A trouble shared
The Australian dollar sportingly intervened to protect sterling from another wooden spoon. There was no more than 0.1% - quarter of an Australian cent - in it: the only difference was that the Aussie spent the whole day on the retreat while the pound's losses came in the afternoon and overnight.
Predictably, sterling's Achilles heel was Brexit. The particular fear is that the prime-minister-in-waiting will somehow manage to force Britain to trade on WTO terms after the end of October. Financial analysts put the chance of a no-deal Brexit at around 4/1 while the bookies see it at closer to evens. Neither of those odds makes the pound look appealing to investors. Its average loss on Monday was 0.4%. Against the safe-haven yen and Swiss franc, which shared the lead, it was down by 0.7%.
Until this morning the Aussie's problems were the economy, interest rates and trade wars, not necessarily in that order. The minutes of the Reserve Bank of Australia's policy meeting on 4 June added another to that list, taking the currency close to a ten-year low against the USD. In the minutes the RBA said another rate cut is "more likely than not".
NY Fed "shock"
Most of Monday's few economic statistics were unremarkable. One was not: The New York Federal Reserve's manufacturing index crumpled from 17.8 in May to -8.6 in June, a 26-point drop and the largest in the history of the survey.
Although the NY Fed's number was considerably worse than the forecast 10.0, investors determined to wish it away. They decided the survey responses must have been swerved by the US president's threats of tariffs on Mexican imports, made a week earlier. The US dollar is only a nose behind the euro and level with the Canadian dollar, half a cent higher against the pound.
Investors were equally ready to brush off comments by commerce secretary Wilbur Ross. Mr Ross dismissed the idea of a China trade agreement at this month's G20 meeting and said Trump is "perfectly happy" with cranking up the tariffs again. He is even "giving very serious thought" to the idea of imposing tariffs on all car imports.

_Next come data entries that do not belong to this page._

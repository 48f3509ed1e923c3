//! Generated scales: one interval over and over again. What they are, and what is promised of them, is in specs/.
#![tactic(auto)]

ghost use Rattle.std.specs.Prelude.{◌≡◌, ◌*◌};

pub mod laws;
pub mod rounds;
pub mod tuning;

/// How many cents so many semitones are.
pub fn semitones(n: u16) -> u64
    ensures { result ≡ 100 * n }
{
    100 * u64::from(n)
}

Carney, Draghi and Johnson
The important things today will be words, not numbers. The Bank of England's Mark Carney and the European Central Bank's Mario Draghi will both be speaking at the ECB Forum in Sintra, Portugal. Boris Johnson will be among the Tory leadership candidates appearing in a televised Q&A on BBC1 at 20:00h.
Of the three, Mr Carney is least likely to affect exchange rates. With only six months until he steps down as governor, and with Brexit still polluting the financial environment, he is unlikely to come out with anything contentious. Mr Draghi might, especially if he picks up on an observation by his possible successor, Olivier Blanchard, that fiscal tools will be needed to fight the next downturn.
Mr Johnson is unlikely to upset sterling's applecart deliberately. He could hurt the pound, though, if he endorses the idea of no-deal. It is difficult to imagine any upside.